Grab the latest version of the package on NuGet: https://www.nuget.org/packages/UnicodeInformation/. Once the library is installed in your project, you will find everything you need in the System.Unicode namespace.
Let's see a simple example:
using System;
using System.Text;
using System.Unicode;
namespace Example
{
internal static class Program
{
private static void Main()
{
Console.OutputEncoding = Encoding.Unicode;
PrintCodePointInfo('A');
PrintCodePointInfo('∞');
PrintCodePointInfo(0x1F600);
}
private static void PrintCodePointInfo(int codePoint)
{
var charInfo = UnicodeInfo.GetCharInfo(codePoint);
Console.WriteLine(UnicodeInfo.GetDisplayText(charInfo));
Console.WriteLine("U+" + codePoint.ToString("X4"));
Console.WriteLine(charInfo.Name ?? charInfo.OldName);
Console.WriteLine(charInfo.Category);
}
}
}This example shows a few usages of the library. It gets information on a specific code point, queries the library for the text to display for the specific character (usually the character itself), and displays the character's name and category.
In its current state, the project is written in C# 6, compilable by Roslyn, and targets the .NET 4.5 framework. The core of the project, UnicodeInformation.dll, is a portable class library usable for either regular .NET or Windows 8 applications. This library includes a subset of the official Unicode Character Database stored in a custom file format.
- Name
- General_Category
- Canonical_Combining_Class
- Bidi_Class
- Decomposition_Type
- Decomposition_Mapping
- Numeric_Type (See also kAccountingNumeric/kOtherNumeric/kPrimaryNumeric. Those will set Numeric_Type to Numeric.)
- Numeric_Value
- Bidi_Mirrored
- Unicode_1_Name
- Simple_Uppercase_Maping
- Simple_Lowercase_Mapping
- Simple_Titlecase_Mapping
- Name_Alias
- Block
- ASCII_Hex_Digit
- Bidi_Control
- Dash
- Deprecated
- Diacritic
- Extender
- Hex_Digit
- Hyphen
- Ideographic
- IDS_Binary_Operator
- IDS_Trinary_Operator
- Join_Control
- Logical_Order_Exception
- Noncharacter_Code_Point
- Other_Alphabetic
- Other_Default_Ignorable_Code_Point
- Other_Grapheme_Extend
- Other_ID_Continue
- Other_ID_Start
- Other_Lowercase
- Other_Math
- Other_Uppercase
- Pattern_Syntax
- Pattern_White_Space
- Quotation_Mark
- Radical
- Soft_Dotted
- STerm
- Terminal_Punctuation
- Unified_Ideograph
- Variation_Selector
- White_Space
- Lowercase
- Uppercase
- Cased
- Case_Ignorable
- Changes_When_Lowercased
- Changes_When_Uppercased
- Changes_When_Titlecased
- Changes_When_Casefolded
- Changes_When_Casemapped
- Alphabetic
- Default_Ignorable_Code_Point
- Grapheme_Base
- Grapheme_Extend
- Grapheme_Link
- Math
- ID_Start
- ID_Continue
- XID_Start
- XID_Continue
- Unicode_Radical_Stroke (This is actually kRSUnicode from the Unihan database)
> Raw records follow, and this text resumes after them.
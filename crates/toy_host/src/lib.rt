//! A kernel over real sockets: `serve` listens on four ports of this machine and hands the bytes that
//! come to a `KernelSide`, and those that it gives to the peers. It does nothing else to them.
#![tactic(auto)]

mod connection;
mod held;
mod host;
mod host_fault;
mod lane;
mod sockets;

pub use connection::{Connection, connection_in};
pub use host::serve;
pub use host_fault::HostFault;
pub use sockets::Ports;
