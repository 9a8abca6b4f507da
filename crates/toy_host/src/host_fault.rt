//! Why a kernel is served no more before it ends.
ghost use Rattle.std.specs.Prelude.{◌≡◌};
ghost use Rattle.toy_host.specs.declared.host_fault.HostFault.TheVariants as fault;

use jtext::NoMemory;
use std::alloc::AllocError;
use thiserror::Error;

/// Why a kernel is served no more before it ends.
#[derive(Clone, Copy, Debug, Drop, PartialEq, Eq, Error)]
pub enum HostFault {
    /// A call on a socket failed.
    #[error("a call on a socket failed")]
    Socket,
    /// Memory was refused.
    #[error("memory was refused")]
    NoMemory,
}

impl From<NoMemory> for HostFault {
    ghost from_gives = { λ _ e. e ≡ fault.NoMemory };

    fn from(_refused: NoMemory) -> HostFault {
        HostFault::NoMemory
    }
}

impl From<AllocError> for HostFault {
    ghost from_gives = { λ _ e. e ≡ fault.NoMemory };

    fn from(_refused: AllocError) -> HostFault {
        HostFault::NoMemory
    }
}
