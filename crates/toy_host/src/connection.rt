//! Connection files (jupyter_client, "Connection files"), as a kernel reads them.
ghost use Rattle.std.specs.Prelude.{◌≡◌, ◌≤◌, IfOk, IfSome};
ghost use Rattle.jtext.specs.declared.json.Json as tree;
ghost use Rattle.jmsg.specs.Dictionary.{IsDictionary};
ghost use Rattle.toy_host.specs.Connection as spec;

use crate::Ports;
use jmsg::dictionary;
use jtext::{Json, NoMemory, Text, field, is_whole_text, short_number, string_at, text_at};
use std::alloc::Global;

/// What a kernel needs of a connection file.
#[derive(Debug, Drop)]
pub struct Connection {
    pub ports: Ports,
    /// The key of the signatures.
    pub key: Text,
}

/// What a connection file says. `None` where it spells no object nested at most 100 deep, or one that
/// lacks a key in its shape: five ports from 1 to 65535, the key, and the address, transport and
/// signature scheme that this kernel has. Other keys are free.
pub fn connection_in(alloc: Global, bytes: &[u8]) -> Result<Option<Connection>, NoMemory>
    ensures some { IfOk result (λ r. IfSome r (λ c. spec.IsConnection c bytes.now)) }
    ensures only { (t : tree.Json) → IsDictionary t bytes.now →
        IfOk result (λ r. r ≡ spec.connection_of t) }
{
    match dictionary(alloc, bytes)? {
        Some(t) => connection_of(alloc, &t),
        None => Ok(None),
    }
}

/// What the object says.
fn connection_of(alloc: Global, t: &Json) -> Result<Option<Connection>, NoMemory>
    ensures { IfOk result (λ c. c ≡ spec.connection_of t.now) }
{
    if !is_served(t) {
        return Ok(None);
    }
    let Some(ports) = ports_of(t) else {
        return Ok(None);
    };
    match text_at(alloc, t, "key")? {
        Some(key) => Ok(Some(Connection { ports, key })),
        None => Ok(None),
    }
}

/// Whether it asks for what this kernel serves.
fn is_served(t: &Json) -> bool
    ensures { result ≡ spec.is_served t.now }
{
    is_text_at(t, "ip", "127.0.0.1")
        && is_text_at(t, "transport", "tcp")
        && is_text_at(t, "signature_scheme", "hmac-sha256")
}

fn is_text_at(t: &Json, key: &str, text: &str) -> bool
    ensures { result ≡ spec.is_text_at t.now key.now text.now }
{
    match string_at(t, key) {
        Some(found) => found.as_str() == text,
        None => false,
    }
}

fn ports_of(t: &Json) -> Option<Ports>
    ensures { result ≡ spec.ports_of t.now }
{
    let shell = port_at(t, "shell_port");
    let control = port_at(t, "control_port");
    let iopub = port_at(t, "iopub_port");
    let heart = port_at(t, "hb_port");
    let input = port_at(t, "stdin_port");
    ports_with(shell, control, iopub, heart, input)
}

fn ports_with(
    shell: Option<u16>,
    control: Option<u16>,
    iopub: Option<u16>,
    heart: Option<u16>,
    input: Option<u16>,
) -> Option<Ports>
    ensures { result ≡ spec.ports_with shell control iopub heart input }
{
    let ports = Ports {
        shell: shell?,
        control: control?,
        iopub: iopub?,
        heart: heart?,
    };
    input?;
    Some(ports)
}

fn port_at(t: &Json, key: &str) -> Option<u16>
    ensures { result ≡ spec.port_at t.now key.now }
{
    match field(t, key) {
        Some(Json::Num(number)) => port(number.as_str()),
        _ => None,
    }
}

/// The port that the text of a number spells, from 1 to 65535.
fn port(text: &str) -> Option<u16>
    ensures { result ≡ spec.port text.now }
{
    if !is_whole_text(text.as_bytes()) || 5 < text.len() {
        return None;
    }
    as_port(short_number(text.as_bytes())?)
}

fn as_port(number: u64) -> Option<u16>
    ensures { result ≡ spec.as_port number }
{
    if 1 <= number && number <= 65_535 {
        Some(number as u16)
    } else {
        None
    }
}
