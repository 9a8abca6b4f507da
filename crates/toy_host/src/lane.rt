//! One channel over its socket.
ghost use Rattle.std.specs.Prelude.{◌<◌, ◌≤◌, ◌^◌};

use crate::HostFault;
use crate::held::Held;
use mio::net::{TcpListener, TcpStream};
use mio::{Interest, Poll, Token};
use std::alloc::Global;
use std::io;
use std::io::{ErrorKind, Read, Write};
use std::net::{Ipv4Addr, Net, SocketAddr};
use world::{Chan, Give, KernelSide};

/// One channel: its listening socket, its connection where there is one, and what waits to be written.
#[derive(Drop)]
pub(crate) struct Lane {
    chan: Chan,
    listener: TcpListener,
    stream: Option<TcpStream>,
    held: Held,
}

/// How a call on a connection went.
enum Went {
    /// So many octets went.
    Octets(usize),
    /// None may go now.
    Dry,
    /// The other side has ended it.
    Over,
}

impl Lane {
    /// Listens on a port of this machine.
    pub(crate) fn open<R: Net>(
        rt: &R,
        alloc: Global,
        poll: &Poll,
        chan: Chan,
        port: u16,
    ) -> Result<Lane, HostFault> {
        let held = Held::new(alloc)?;
        let Ok(listener) = listener(rt, poll, chan, port) else {
            return Err(HostFault::Socket);
        };
        Ok(Lane {
            chan,
            listener,
            stream: None,
            held,
        })
    }

    /// Takes up a connection where one waits, and hands on what came and what is due; says whether
    /// anything went.
    pub(crate) fn turn<K: KernelSide>(
        &mut self,
        alloc: Global,
        poll: &Poll,
        kernel: &mut K,
        now: u64,
        buf: &mut [u8],
    ) -> Result<bool, HostFault>
        requires bound { now < 2 ^ 47 }
        requires later { K.latest kernel.old ≤ now }
        ensures { K.latest kernel.new ≤ now }
    {
        self.meet(poll, kernel, now)?;
        let came = self.hear(alloc, kernel, now, buf)?;
        let went = self.say(kernel, now)?;
        Ok(came || went)
    }

    /// Whether nothing waits to be written.
    pub(crate) fn is_idle(&self) -> bool {
        self.held.is_empty()
    }

    /// Takes up a connection where one waits and the channel has none.
    fn meet<K: KernelSide>(
        &mut self,
        poll: &Poll,
        kernel: &mut K,
        now: u64,
    ) -> Result<(), HostFault>
        requires bound { now < 2 ^ 47 }
        requires later { K.latest kernel.old ≤ now }
        ensures { K.latest kernel.new ≤ now }
    {
        if self.stream.is_some() {
            return Ok(());
        }
        let Some(stream) = waiting(&self.listener, poll, self.chan)? else {
            return Ok(());
        };
        if kernel.accept(self.chan, now) {
            self.stream = Some(stream);
        }
        Ok(())
    }

    /// Hands what came to the kernel.
    fn hear<K: KernelSide>(
        &mut self,
        alloc: Global,
        kernel: &mut K,
        now: u64,
        buf: &mut [u8],
    ) -> Result<bool, HostFault>
        requires bound { now < 2 ^ 47 }
        requires later { K.latest kernel.old ≤ now }
        ensures { K.latest kernel.new ≤ now }
    {
        let Some(stream) = &mut self.stream else {
            return Ok(false);
        };
        match read(stream, buf)? {
            Went::Octets(count) => {
                let count = count.min(buf.len());
                kernel.take(alloc, self.chan, now, &buf[..count])?;
                Ok(true)
            }
            Went::Dry => Ok(false),
            Went::Over => {
                self.close();
                Ok(false)
            }
        }
    }

    /// Hands what is due to the other side.
    fn say<K: KernelSide>(&mut self, kernel: &mut K, now: u64) -> Result<bool, HostFault>
        requires bound { now < 2 ^ 47 }
        requires later { K.latest kernel.old ≤ now }
        ensures { K.latest kernel.new ≤ now }
    {
        let Some(stream) = &mut self.stream else {
            return Ok(false);
        };
        match self.held.fill(kernel, self.chan, now) {
            Give::Bytes(_) => {}
            Give::Nothing => return Ok(false),
            Give::Ended => {
                self.close();
                return Ok(false);
            }
        }
        match write(stream, self.held.octets())? {
            Went::Octets(count) => {
                self.held.take(count);
                Ok(true)
            }
            Went::Dry => Ok(false),
            Went::Over => {
                self.close();
                Ok(false)
            }
        }
    }

    fn close(&mut self) {
        self.stream = None;
        self.held.clear();
    }
}

/// What the poll calls a listening socket.
fn listener_token(chan: Chan) -> Token {
    match chan {
        Chan::Shell => Token(0),
        Chan::Control => Token(1),
        Chan::Iopub => Token(2),
        Chan::Heart => Token(3),
    }
}

/// What the poll calls a connection.
fn stream_token(chan: Chan) -> Token {
    match chan {
        Chan::Shell => Token(4),
        Chan::Control => Token(5),
        Chan::Iopub => Token(6),
        Chan::Heart => Token(7),
    }
}

fn listener<R: Net>(rt: &R, poll: &Poll, chan: Chan, port: u16) -> io::Result<TcpListener> {
    let at = SocketAddr::from((Ipv4Addr::LOCALHOST, port));
    let mut listener = TcpListener::bind(rt, at)?;
    let token = listener_token(chan);
    poll.registry()
        .register(&mut listener, token, Interest::READABLE)?;
    Ok(listener)
}

/// The connection that waits, where one does.
fn waiting(
    listener: &TcpListener,
    poll: &Poll,
    chan: Chan,
) -> Result<Option<TcpStream>, HostFault> {
    match listener.accept() {
        Ok((stream, _)) => match watched(stream, poll, chan) {
            Ok(stream) => Ok(Some(stream)),
            Err(_) => Err(HostFault::Socket),
        },
        Err(e) if e.kind() == ErrorKind::WouldBlock => Ok(None),
        Err(e) if is_over(&e) => Ok(None),
        Err(_) => Err(HostFault::Socket),
    }
}

fn watched(stream: TcpStream, poll: &Poll, chan: Chan) -> io::Result<TcpStream> {
    let mut stream = stream;
    let both = Interest::READABLE | Interest::WRITABLE;
    poll.registry()
        .register(&mut stream, stream_token(chan), both)?;
    stream.set_nodelay(true)?;
    Ok(stream)
}

fn read(stream: &mut TcpStream, buf: &mut [u8]) -> Result<Went, HostFault> {
    match stream.read(buf) {
        Ok(0) => Ok(Went::Over),
        Ok(count) => Ok(Went::Octets(count)),
        Err(e) if e.kind() == ErrorKind::WouldBlock => Ok(Went::Dry),
        Err(e) if is_over(&e) => Ok(Went::Over),
        Err(_) => Err(HostFault::Socket),
    }
}

fn write(stream: &mut TcpStream, octets: &[u8]) -> Result<Went, HostFault> {
    match stream.write(octets) {
        Ok(count) => Ok(Went::Octets(count)),
        Err(e) if e.kind() == ErrorKind::WouldBlock => Ok(Went::Dry),
        Err(e) if is_over(&e) => Ok(Went::Over),
        Err(_) => Err(HostFault::Socket),
    }
}

/// Whether the call failed only since the other side is gone.
fn is_over(e: &io::Error) -> bool {
    matches!(
        e.kind(),
        ErrorKind::ConnectionReset
            | ErrorKind::ConnectionAborted
            | ErrorKind::BrokenPipe
            | ErrorKind::NotConnected
    )
}
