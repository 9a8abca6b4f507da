//! The four lanes and the poll over them.
ghost use Rattle.std.specs.Prelude.{◌<◌, ◌≤◌, ◌^◌};

use crate::HostFault;
use crate::lane::Lane;
use mio::{Events, Poll};
use std::alloc::Global;
use std::net::Net;
use std::time::Duration;
use world::{Chan, KernelSide};

/// The ports of this machine on which a kernel listens.
#[derive(Clone, Copy, Debug, Drop, PartialEq, Eq)]
pub struct Ports {
    pub shell: u16,
    pub control: u16,
    pub iopub: u16,
    pub heart: u16,
}

/// The listening sockets with their connections.
#[derive(Drop)]
pub(crate) struct Sockets {
    poll: Poll,
    events: Events,
    shell: Lane,
    control: Lane,
    iopub: Lane,
    heart: Lane,
}

impl Sockets {
    /// Listens on the ports.
    pub(crate) fn open<R: Net>(rt: &R, alloc: Global, ports: Ports) -> Result<Sockets, HostFault> {
        let Ok(poll) = Poll::new(rt) else {
            return Err(HostFault::Socket);
        };
        let shell = Lane::open(rt, alloc, &poll, Chan::Shell, ports.shell)?;
        let control = Lane::open(rt, alloc, &poll, Chan::Control, ports.control)?;
        let iopub = Lane::open(rt, alloc, &poll, Chan::Iopub, ports.iopub)?;
        let heart = Lane::open(rt, alloc, &poll, Chan::Heart, ports.heart)?;
        let events = Events::with_capacity(alloc, 16)?;
        Ok(Sockets {
            poll,
            events,
            shell,
            control,
            iopub,
            heart,
        })
    }

    /// Waits until something comes, at most so many milliseconds.
    pub(crate) fn rest(&mut self, ms: u64) -> Result<(), HostFault> {
        match self
            .poll
            .poll(&mut self.events, Some(Duration::from_millis(ms)))
        {
            Ok(()) => Ok(()),
            Err(_) => Err(HostFault::Socket),
        }
    }

    /// Hands on what came and what is due on each channel, and says whether anything went.
    pub(crate) fn turn<K: KernelSide>(
        &mut self,
        alloc: Global,
        kernel: &mut K,
        now: u64,
        buf: &mut [u8],
    ) -> Result<bool, HostFault>
        requires bound { now < 2 ^ 47 }
        requires later { K.latest kernel.old ≤ now }
        ensures { K.latest kernel.new ≤ now }
    {
        let shell = self.shell.turn(alloc, &self.poll, kernel, now, buf)?;
        let control = self.control.turn(alloc, &self.poll, kernel, now, buf)?;
        let iopub = self.iopub.turn(alloc, &self.poll, kernel, now, buf)?;
        let heart = self.heart.turn(alloc, &self.poll, kernel, now, buf)?;
        Ok(shell || control || iopub || heart)
    }

    /// Whether nothing waits to be written.
    pub(crate) fn is_idle(&self) -> bool {
        self.shell.is_idle()
            && self.control.is_idle()
            && self.iopub.is_idle()
            && self.heart.is_idle()
    }
}
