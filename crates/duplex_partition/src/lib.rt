// The partition of a molecule's reads by strand, from duplex_caller.rs. Uses lists and refusals only.
#![tactic(auto)]

ghost use Rattle.std.specs.Prelude.{◌≡◌, ◌≤◌, length};
ghost use Rattle.lists.specs.Output.{put};
ghost use Rattle.refusals.specs.Refusal.{FewReads};
ghost use Rattle.refusals.specs.Outcome.{answer};
ghost use Rattle.duplex_partition.specs.Partition.{strand_of, read_strand, offence, first_offence, mi_leaves, any_mi_leaves, on_a, on_b, base_mi, PartitionedAs};

use lists::{part, part_leaves};
use refusals::{MAX_READS, Refusal, refuse};

// A read's MI as a part of a byte buffer, or none, as C lays it out.
#[repr(C)]
#[derive(Clone, Copy, Debug, Default, PartialEq, Eq)]
pub struct MiPart {
    // Whether there is one (0: no).
    pub present: usize,
    pub offset: usize,
    pub length: usize,
}

// The strand that an MI names by its last two bytes; with the number that C sees.
#[derive(Clone, Copy, Debug, PartialEq, Eq)]
pub enum MiStrand {
    A = 1,
    B = 2,
}

// The first read's MI without its last two bytes, as a part of the caller's bytes: C is told where it is, and no slice comes back.
#[derive(Clone, Copy)]
pub struct BaseMi {
    pub offset: usize,
    pub length: usize,
}

// So many read numbers are written to the list of A and to that of B. No reads have no base MI.
#[derive(Clone, Copy)]
pub struct Partition {
    pub a: usize,
    pub b: usize,
    pub base_mi: Option<BaseMi>,
}

// How many numbers each list has. Not duplex_reads's StrandCounts, nor one type for both: that is what a gate compares with its
// thresholds, in their u32; these become a Partition's lengths, and neither crate uses the other.
#[derive(Clone, Copy)]
struct Counts {
    a: usize,
    b: usize,
}

// A molecule's reads, and the bytes that their MIs are parts of.
#[derive(Clone, Copy)]
struct MiReads<'a> {
    reads: &'a [MiPart],
    bytes: &'a [u8],
}

// The strand that an MI ending in /A or /B names. Any other names none.
pub fn extract_strand_from_mi_bytes(mi_bytes: &[u8]) -> Option<MiStrand>
    ensures { result ≡ strand_of mi_bytes.now }
{
    match mi_bytes {
        [.., b'/', b'A'] => Some(MiStrand::A),
        [.., b'/', b'B'] => Some(MiStrand::B),
        _ => None,
    }
}

fn read_strand(bytes: &[u8], read: MiPart) -> Option<MiStrand>
    ensures { result ≡ read_strand bytes.now read }
{
    extract_strand_from_mi_bytes(part(bytes, read.offset, read.length))
}

// Refuses a read by 5 without an MI, and by 6 where it names no strand.
fn read_offence(bytes: &[u8], read: MiPart) -> Result<(), Refusal>
    ensures { result ≡ answer (offence bytes.now read) tt }
{
    refuse(read.present == 0, Refusal::NoMi)?;
    refuse(read_strand(bytes, read).is_none(), Refusal::NoStrand)
}

fn read_leaves(size: usize, read: MiPart) -> bool
    ensures { result ≡ mi_leaves size read }
{
    (read.present != 0) & part_leaves(read.offset, read.length, size)
}

impl MiReads<'_> {
    // Whether some read's MI leaves the bytes.
    fn any_leaves(self) -> bool
        ensures { result ≡ any_mi_leaves (length self.entry.bytes.now) self.entry.reads.now }
    {
        let size = self.bytes.len();
        self.reads.iter().any(|&read| read_leaves(size, read))
    }

    // Refuses by the first read at fault.
    fn first_offence(self) -> Result<(), Refusal>
        ensures { result ≡ answer (first_offence self.entry.bytes.now self.entry.reads.now) tt }
    {
        for &read in self.reads {
            read_offence(self.bytes, read)?;
        }
        Ok(())
    }

    // Writes the numbers of the reads of A and of B, and answers how many. So few that a read's number fits its 16 bits.
    fn write_partition(self, a_out: &mut [u16], b_out: &mut [u16]) -> Counts
        requires reads_len_bound { FewReads self.reads.now }
        requires reads_in_bounds { (length self.reads.now ≤ length a_out.old) × (length self.reads.now ≤ length b_out.old) }
        ensures a_value { (result.a ≡ length (on_a self.entry.bytes.now self.entry.reads.now)) × (result.b ≡ length (on_b self.entry.bytes.now self.entry.reads.now)) }
        ensures a_out_after { a_out.new ≡ put (on_a self.entry.bytes.now self.entry.reads.now) a_out.old }
        ensures b_out_after { b_out.new ≡ put (on_b self.entry.bytes.now self.entry.reads.now) b_out.old }
    {
        // Two lists grow, each by its own reads: an iterator over a list's places would have a `None` to answer for at each of its reads.
        let mut a = 0;
        let mut b = 0;
        for (i, &read) in self.reads.iter().enumerate() {
            match read_strand(self.bytes, read) {
                Some(MiStrand::A) => {
                    a_out[a] = i as u16;
                    a += 1;
                }
                Some(MiStrand::B) => {
                    b_out[b] = i as u16;
                    b += 1;
                }
                None => {}
            }
        }
        Counts { a, b }
    }

    // The first read's MI without its last two bytes.
    fn base_mi(self) -> Option<BaseMi>
        ensures { result ≡ base_mi self.entry.reads.now }
    {
        let first = self.reads.first()?;
        Some(BaseMi {
            offset: first.offset,
            length: first.length.saturating_sub(2),
        })
    }
}

// The numbers of the reads of strand A and of B, each in arrival order. Refuses by 9, 10, 12, then 5 or 6 by the first read
// at fault.
#[tactic(auto, using(crate::proofs::Offence::own_rows))]
pub fn partition_records_by_strand(
    reads: &[MiPart],
    bytes: &[u8],
    a_out: &mut [u16],
    b_out: &mut [u16],
) -> Result<Partition, Refusal>
    ensures { PartitionedAs reads.now bytes.now a_out.old b_out.old a_out.new b_out.new result }
{
    let n = reads.len();
    // One value here: whoever calls for C has the two apart.
    let given = MiReads { reads, bytes };
    refuse(MAX_READS < n, Refusal::TooManyReads)?;
    refuse(given.any_leaves(), Refusal::PartOutside)?;
    refuse(
        (a_out.len() < n) | (b_out.len() < n),
        Refusal::OutputTooShort,
    )?;
    given.first_offence()?;
    let counts = given.write_partition(a_out, b_out);
    Ok(Partition {
        a: counts.a,
        b: counts.b,
        base_mi: given.base_mi(),
    })
}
- Code point cross references extracted from NamesList.txt
NB: The UCD property ISO_Comment will never be included since this one is empty in all new Unicode versions.
- kAccountingNumeric
- kOtherNumeric
- kPrimaryNumeric
- kRSUnicode
- kDefinition
- kMandarin
- kCantonese
- kJapaneseKun
- kJapaneseOn
- kKorean
- kHangul
- kVietnamese
- kSimplifiedVariant
- kTraditionalVariant
The project UnicodeInformation.Builder takes cares of generating a file named ucd.dat. This file contains Unicode data compressed by .NET's deflate algorithm, and should be included in UnicodeInformation.dll at compilation.